Fed. R. App. P. 23(b) provides:

While a decision not to release a prisoner is under review, the court or judge rendering the decision . . . may order that the prisoner be:

(1) detained in the custody from which release is sought;

(2) detained in other appropriate custody; [or]

(3) released on personal recognizance with or without surety.

The Court finds that petitioner's request comes too early to fall within the authority granted by Rule 23(b), as no "decision not to release" petitioner has yet been issued by this Court. Nevertheless, the Court considers petitioner's traditional motion for a preliminary injunction under the same standard. Nadarajah v. Gonzalez, 443 F.3d 1069, 1083 (9th Cir. 2006) (in considering a request for release under Rule 23(b), the court employs the same standard applicable to similar motions for interim injunctive relief).

"A plaintiff seeking a preliminary injunction must establish that he is likely to succeed on the merits, that he is likely to suffer irreparable harm in the absence of preliminary relief, that the balance of equities tips in his favor, and that an injunction is in the public interest." Winter v. Natural Res. Def. Council, Inc., ___ U.S. ___, 129 S.Ct. 365, 374 (2008); Stormans, Inc. v. Selecky, 586 F.3d 1109, 1127 (9th Cir. 2009).

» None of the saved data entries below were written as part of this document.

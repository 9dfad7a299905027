//! The server in its turns.
ghost use Rattle.serve_turns.specs.event_book.Steps.{EventSteps};

use crate::event_book::lasting::Lasting;
use crate::event_book::turn::{Answer, Asks, Turn, What};
use crate::shared_book::Book;
use base_outside::Standing;
use conn_core::{CheckedFrame, Reply, Serve, ServeError, Told, ask};
use server_checks::ServerEvent;
use std::alloc::Global;

/// A server whose connections take turns, one event each. In front of it the server may renew its journal.
#[derive(Drop)]
pub struct EventBook<S: Serve> {
    pub alloc: Global,
    pub server: S,
}

impl<S: Serve> EventBook<S> {
    ghost use Rattle.std.specs.Prelude.{◌≡◌, true};
    ghost use Rattle.conn_core.specs.served.Serving.{IsServerServed};
    ghost use Rattle.serve_turns.specs.event_book.Places.{is_asked};
    ghost use Rattle.serve_turns.specs.event_book.Steps.{AnswersMessage, AsksEvent, EventStepsFor, HearsEvent};

    /// A connection is made or lost.
    fn hear(&mut self, now: u64, event: ServerEvent<'_>) -> Answer
        requires { IsServerServed event }
        ensures { HearsEvent S.shows S.stopped S.faults self.old now event.entry result self.new }
    {
        Answer {
            frame: None,
            reply: Some(self.server.event(now, event)),
            standing: Standing::nothing(),
        }
    }

    /// What the server answers a message. One that has stopped doesn't look at it.
    fn answer(
        &mut self,
        now: u64,
        frame: &CheckedFrame,
        at: usize,
        told: &Told,
    ) -> Option<Result<Reply, ServeError>>
        requires { is_asked frame.now at ≡ true }
        ensures { AnswersMessage S.shows S.stopped S.faults self.old now frame.now at told.now result self.new }
    {
        let alloc = self.alloc;
        match self.server.stop_count() {
            Some(count) => Some(Err(ServeError::Stopped(count))),
            None => ask(&mut self.server, alloc, now, frame, at, told),
        }
    }

    /// A message came.
    fn take(&mut self, now: u64, asks: Asks) -> Answer
        ensures { AsksEvent S.shows S.stopped S.faults self.old now asks result self.new }
    {
        let Asks { frame, at, told } = asks;
        let reply = self.answer(now, &frame, at, &told);
        let standing = self.server.standing(told.connection);
        Answer {
            frame: Some(frame),
            reply,
            standing,
        }
    }

    /// The event of a turn.
    fn act(&mut self, event: Turn) -> Answer
        ensures { EventStepsFor S.shows S.stopped S.faults event.what self.old event result self.new }
    {
        let Turn { now, what } = event;
        match what {
            What::Accept(connection) => self.hear(now, ServerEvent::Accept { connection }),
            What::Message(asks) => self.take(now, asks),
            What::End(connection) => self.hear(now, ServerEvent::End { connection }),
        }
    }
}

impl<S: Lasting> EventBook<S> {
    ghost use Rattle.serve_turns.specs.event_book.Steps.{RenewsBook};

    /// What comes in front of an event.
    fn prepare(&mut self)
        ensures { RenewsBook S.shows S.stopped S.faults self.old self.new }
    {
        self.server.renew();
    }
}

impl<S: Lasting> Book for EventBook<S> {
    type Event = Turn;

    type Reply = Answer;

    ghost use Rattle.serve_turns.specs.event_book.Steps.{EventSteps};

    ghost steps = { λ old turn answer new. EventSteps S.shows S.stopped S.faults old turn answer new };

    fn step(&mut self, event: Turn) -> Answer {
        self.prepare();
        self.act(event)
    }
}
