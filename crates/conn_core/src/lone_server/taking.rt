//! The connection's own step over a frame.
ghost use Rattle.std.specs.Prelude.{◌≡◌, ◌≤◌, ◌&&◌, List};
ghost use Rattle.spec_exchange.specs.State.{Record, Server};
ghost use Rattle.spec_crypto.specs.sessions.Nonces.{last_counter};
ghost use Rattle.spec_world.specs.Settings.{ServerSettings};
ghost use Rattle.spec_world.specs.Ends.{Logons, ServerEnd};
ghost use Rattle.conn_core.specs.Shown.{ShowsEnd};
ghost use Rattle.conn_core.specs.served.Serving.{Onward};
ghost use Rattle.conn_core.specs.lone_server.Own.{TakesOwn, goes_by, is_own_end, is_own_result};

use crate::conn::Conn;
use crate::end::ConnEnd;
use crate::served::Serve;
use crate::{Ended, Taken, take_frame};
use law_ties::{nothing_befell_law, own_step_law};

/// An end that the connection's own step has: neither memory that ran out nor a server that stopped.
fn is_own(why: &ConnEnd) -> bool
    ensures { result ≡ goes_by why.now }
{
    match why {
        ConnEnd::Memory => false,
        ConnEnd::Stopped(_) => false,
        ConnEnd::BadFrame => true,
        ConnEnd::OutsideWindow(_) => true,
        ConnEnd::SecondNegotiate => true,
        ConnEnd::Unsealable => true,
        ConnEnd::Spent => true,
        ConnEnd::Full => true,
        ConnEnd::LinkFault(_) => true,
    }
}

fn both(a: bool, b: bool) -> bool
    ensures { result ≡ (a && b) }
{
    a && b
}

fn is_own_ended(ended: &Ended) -> bool
    ensures { result ≡ is_own_end ended.now }
{
    both(!ended.lacked, is_own(&ended.why))
}

/// Whether what a frame came to is the connection's own: no event found no memory, and the server goes on.
fn is_own_taken(taken: &Result<Taken, Ended>) -> bool
    ensures { result ≡ is_own_result taken.now }
{
    match taken {
        Ok(taken) => !taken.lacked,
        Err(ended) => is_own_ended(ended),
    }
}

/// Takes a frame. `None` where memory ran out for an event, for the frame or for its answer, or the server has stopped: nothing is
/// told then, and neither the connection nor the server is used again.
pub fn take_own<S: Serve>(
    conn: &mut Conn,
    server: &mut S,
    now: u64,
    fresh: [u8; 8],
    frame: &[u8],
) -> Option<Result<Taken, Ended>>
    ensures { (z : ServerSettings) (s : Server) (L : Logons) (records : List Record) (f : ServerEnd)
        → S.shows server.old z.users s L records → ShowsEnd conn.old.id z.guid conn.old f → f.counter ≤ last_counter
        → TakesOwn (Onward (S.shows server.new z.users) (S.stopped server.old) (S.stopped server.new)) z conn.old.id now fresh s L records
        f frame.now conn.new result }
{
    own_step_law();
    nothing_befell_law();
    let taken = take_frame(conn, server, now, fresh, frame);
    let own = is_own_taken(&taken);
    if own {
        return Some(taken);
    }
    None
}
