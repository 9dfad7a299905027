//! Completeness of a script's run in the exchange over bytes, where its own lines lose nothing: what becomes of each operation.
//!
//! Each law is a public function, whose contract is the statement, which stands in `specs`.

ghost use Rattle.law_scripts.specs.quiet_runs.Quiet.{LinesEnd, QuietScriptsEnd};

use crate::settings_fit::script_settings_law;
pub use crate::settling::scripts_settle_law;
use law_runs::{plain_runs_law, purse_law};
use law_ties::lists_law;
use law_wire::nothing_is_refused_law;

/// Lines without a forge and a flip, and without a cut, a drop, a restart and a crash, that end in settling: each
/// operation is Ok or Refused
/// with the reply of the server's step to a message of its own, or had no slot or no open, by their causes. One
/// premise: nothing was given up
/// while an operation was unsettled, as it is where a logon is refused.
pub fn lines_end_law()
    ensures end { LinesEnd }
{
    nothing_is_refused_law();
    lists_law();
    plain_runs_law();
    purse_law();
}

/// So does each operation of such a script that is read, whatever its run draws.
pub fn scripts_end_law()
    ensures end { QuietScriptsEnd }
{
    lines_end_law();
    script_settings_law();
}
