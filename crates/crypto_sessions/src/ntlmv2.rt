//! NTLMv2 (MS-NLMP): the three messages, read and written; its formulas; the server's side, which makes a challenge and
//! checks the answer; and the client's side, which makes the first message and the answer.

mod acceptor;
mod answer;
mod formulas;
mod messages;
mod pairs;
mod text;
mod users;

pub use acceptor::{Acceptor, Logon};
pub use answer::{Credentials, answer_to, first_message};
pub use formulas::{base_key, mic, ntowf, proof, sign_mech_list};
pub use messages::{
    Type2, Type3, can_write_type2, can_write_type3, read_type1, read_type2, read_type3,
    write_type1, write_type2, write_type3,
};
pub use spec_crypto::{LogonError, NtlmError, NtlmField, Type1};
pub use users::Users;
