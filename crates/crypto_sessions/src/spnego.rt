//! SPNEGO's tokens (RFC 4178, MS-SPNG) around NTLM: NegTokenInit and NegTokenResp in DER, read with every definite
//! length form of up to four bytes and written with the shortest.

mod element;
mod fields;
mod fitting;
mod laws;
mod reading;
mod token;
mod writing;

pub use fitting::{NTLM_LIST, can_write_init, can_write_resp};
pub use laws::{init_law, resp_law};
pub use reading::{read_init, read_resp};
pub use spec_crypto::DerError;
pub use token::{InitToken, RespToken};
pub use writing::{write_init, write_resp};
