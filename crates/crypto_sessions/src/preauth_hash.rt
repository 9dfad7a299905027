//! The preauthentication integrity hash: a chain of SHA-512 over whole messages (MS-SMB2 3.3.5.4, 3.3.5.5).

ghost use Rattle.std.specs.Prelude.{◌≡◌, ℕ, List, [], ◌∷◌, ◌++◌};
ghost use Rattle.spec_crypto.specs.sessions.Chain.{chain, value_behind};

use sha2::{Digest, Sha512};
use std::marker::Model;

/// The chain's value behind the messages that it took. A contract sees the value's 64 bytes. It takes no memory.
#[derive(Clone, Copy, Debug, PartialEq, Eq)]
pub struct Chain {
    value: [u8; 64],
}

impl Model for Chain {
    ghost use Rattle.std.specs.Prelude.{List, ℕ};

    ghost Value = { List ℕ };

    ghost view = { λ c. c.value };

    ghost inverse = { λ v. record { value = v } };
}

impl Chain {
    /// No message was taken: the value is 64 zeros.
    pub fn start() -> Chain
        ensures { result ≡ chain [] }
    {
        Chain { value: [0; 64] }
    }

    /// Takes a message, from its header on: the value becomes the SHA-512 of the value and the message.
    #[tactic(auto, unfolding(spec_crypto::specs::sessions::Chain::hash))]
    pub fn take(&mut self, message: &[u8])
        ensures behind { self.new ≡ value_behind self.old message.now }
    {
        let mut hasher = Sha512::new();
        hasher.update(self.value.as_slice());
        hasher.update(message);
        self.value = hasher.finalize();
    }

    /// The value, 64 bytes.
    pub fn value(&self) -> [u8; 64]
        ensures { result ≡ self.now }
    {
        self.value
    }
}

/// One more message at the end of a list is one more step of its chain.
pub fn chain_law()
    ensures { (messages : List (List ℕ)) (message : List ℕ) → chain (messages ++ message ∷ []) ≡ value_behind (chain messages) message }
{}
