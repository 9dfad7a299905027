//! The run of a script that was read, line by line, in the exchange over bytes: it is the course of the script's lines,
//! or its refusal is that
//! of the first line that isn't met.
//!
//! Each law is a public function with an empty body; its contract is the statement, which stands in `specs`.

ghost use Rattle.law_scripts.specs.script_runs.Runs.{RefusalsAreFirst, SchedulesAreCourses};

/// A run without a refusal is the course of the script's lines, each of which is met.
pub fn run_course_law()
    ensures courses { SchedulesAreCourses }
{}

/// A run's refusal is that of the first line that isn't met.
pub fn run_refusal_law()
    ensures first { RefusalsAreFirst }
{}
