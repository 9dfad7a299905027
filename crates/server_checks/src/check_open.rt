//! The checks of the requests that name an open (MS-SMB2 3.3.5.10 to 3.3.5.20), but for SET_INFO.
ghost use Rattle.std.specs.Prelude.{◌≡◌, ◌+◌, ◌<◌, ◌||◌, ℕ, true, IfOk, List, MatchResult, None, Option, Some, is_some};
ghost use Rattle.std.specs.Prelude.{length, map, option_map};
ghost use Rattle.wire_commands.specs.values.Meaning.{body_of, command_of, message_of, named_of};
ghost use Rattle.spec_exchange.specs.CheckOpen.{begins_at, bytes_change, close_check, file_of, file_query_check, flush_check};
ghost use Rattle.spec_exchange.specs.CheckOpen.{free_ioctl_check, has_access, ioctl_body, ioctl_check, is_repeated, kept_lock, list_check};
ghost use Rattle.spec_exchange.specs.CheckOpen.{list_from, listing_of, needs_attributes, range_check};
ghost use Rattle.spec_exchange.specs.CheckOpen.{lock_check, new_lock_check, read_check, timely_write, volume_query_check};
ghost use Rattle.spec_exchange.specs.CheckOpen.{none_wanted, write_check};
ghost use Rattle.spec_exchange.specs.Commands.{Command};
ghost use Rattle.spec_exchange.specs.Files.{exists, info_of, path_of};
ghost use Rattle.spec_exchange.specs.Ranges.{RangeAnswer, Stands, change_ranges, ranges_of};
ghost use Rattle.spec_exchange.specs.State as says;
ghost use Rattle.spec_exchange.specs.State.{FileInfo, Interfaces, Listing, Server};
ghost use Rattle.spec_exchange.specs.Table.{is_filled};
ghost use Rattle.store_files.specs.file_tree.Listed.{model_named};
ghost use Rattle.store_opens.specs.open_table.Locks.{DeniedBy};
ghost use Rattle.server_checks.specs.Looks.{IsListingLast, IsListingShort, bytes_or_full, new_bytes, read_bytes};
ghost use Rattle.server_checks.specs.Shown.{TablesShown};
ghost use Rattle.spec_exchange.specs.Verdict.{Behind, Show, Tell};
ghost use Rattle.law_server.specs.tables.Fits.{Fits};
ghost use Rattle.server_checks.specs.verdicts.Views.{bytes_in, elements_in, verdict_of};
ghost use Rattle.store_opens.specs.share_modes.Answers.{AllOf};
ghost use Rattle.store_opens.specs.share_modes.Locking.{range_of};
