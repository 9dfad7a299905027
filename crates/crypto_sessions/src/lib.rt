//! Logon tokens (RFC 4178, MS-NLMP), the preauthentication hash, and a session's keys, signatures and sealing (MS-SMB2
//! 3.1.4). It is a room because both ends of a connection need just this to make a session and to keep it safe. The
//! server's tables and both ends of a connection stand on it.
#![tactic(auto)]

mod ntlmv2;
mod preauth_hash;
mod session_keys;
mod spnego;

pub use ntlmv2::{
    Acceptor, Credentials, Logon, LogonError, NtlmError, NtlmField, Type1, Type2, Type3, Users,
    answer_to, base_key, can_write_type2, can_write_type3, first_message, mic, ntowf, proof,
    read_type1, read_type2, read_type3, sign_mech_list, write_type1, write_type2, write_type3,
};
pub use preauth_hash::{Chain, chain_law};
pub use session_keys::{
    Chosen, Keys, Nonces, SealError, Signer, Spent, bind, derive, nonces_once_law, seal,
    seal_in_place, sign, unseal, unseal_in_place, verify,
};
pub use spnego::{
    DerError, InitToken, NTLM_LIST, RespToken, can_write_init, can_write_resp, init_law, read_init,
    read_resp, resp_law, write_init, write_resp,
};
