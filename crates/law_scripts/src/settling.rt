//! Completeness of a script's run in the exchange over bytes: a script that ends in settling leaves no operation unsettled.
//!
//! Each law is a public function, whose contract is the statement, which stands in `specs`.

ghost use Rattle.law_scripts.specs.settling.Settled.{LinesSettle, ScriptsSettle};

use crate::settings_fit::script_settings_law;
use law_runs::{plain_runs_law, purse_law};
use law_ties::lists_law;
use law_wire::nothing_is_refused_law;

/// Of any lines without a forge and a flip, at most 16,777,216, with settings that fit.
pub fn lines_settle_law()
    ensures settle { LinesSettle }
{
    nothing_is_refused_law();
    lists_law();
    plain_runs_law();
    purse_law();
}

/// Of each script that is read, whatever its run draws.
pub fn scripts_settle_law()
    ensures settle { ScriptsSettle }
{
    lines_settle_law();
    script_settings_law();
}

Petitioner argues that he is likely to succeed on the merits of his action based on the following conclusions: (1) that he has been subjected to continuous violations of his constitutional and statutory rights; (2) that he has been subjected to continuous torture; (3) that he is not deportable because he has not committed an aggravated felony or crime of moral turpitude; (4) that he is not deportable because he is a U.S. citizen; (5) that he has been subjected to indefinite detention in violation of due process; and (6) res judicata bars respondents from relitigating unspecified issues already determined in prior proceedings. As to the first and second of these conclusions, petitioner has not provided the court with any evidence of torture other than his complaints to Yuba County Jail, ICE, and the Executive Office for Immigration Review, which contain only the same vague conclusions and no details of how respondents have tortured him or obstructed justice. As to the third and fourth conclusions, this court has jurisdiction only to determine the legality of petitioner's detention and not the correctness of ICE determinations underlying his removal order (e.g., that he is deportable), as discussed above. As to the sixth conclusion, the Court cannot determine from petitioner's motion which issues he asserts respondents may not relitigate due to res judicata and what impact, if any, application of that doctrine would have on the merits of the petition.

The fifth conclusion -- that respondents are violating petitioner's due process rights by subjecting him to indefinite detention -- merits some discussion. As the court has determined, petitioner is currently detained under section 1226(a). That section does not authorize indefinite detention. Rather, it limits detention to a period reasonably necessary to bring about an alien's removal from the U.S. Prieto-Romero, 534 F.3d at 1063. Where an alien's detention is prolonged by his pursuit of judicial review of his administratively final removal order, however, that detention is not impermissibly "indefinite," so long as no bar exists that would prevent the alien's removal (e.g., the destination country's refusal to accept the alien, removal barred by U.S. law, or lack of a repatriation treaty with the destination country). Id. at 1063, 1065. The fact that the detention lacks a certain end-date does not render it "indefinite" in a constitutionally problematic sense. Id. at 1063. Rather, detention is "indefinite" only where there is no significant likelihood that the alien could be removed upon completion of judicial review of a final removal order. Id. at 1063-65; see also Casas-Castrillon, 535 F.3d at 948-49.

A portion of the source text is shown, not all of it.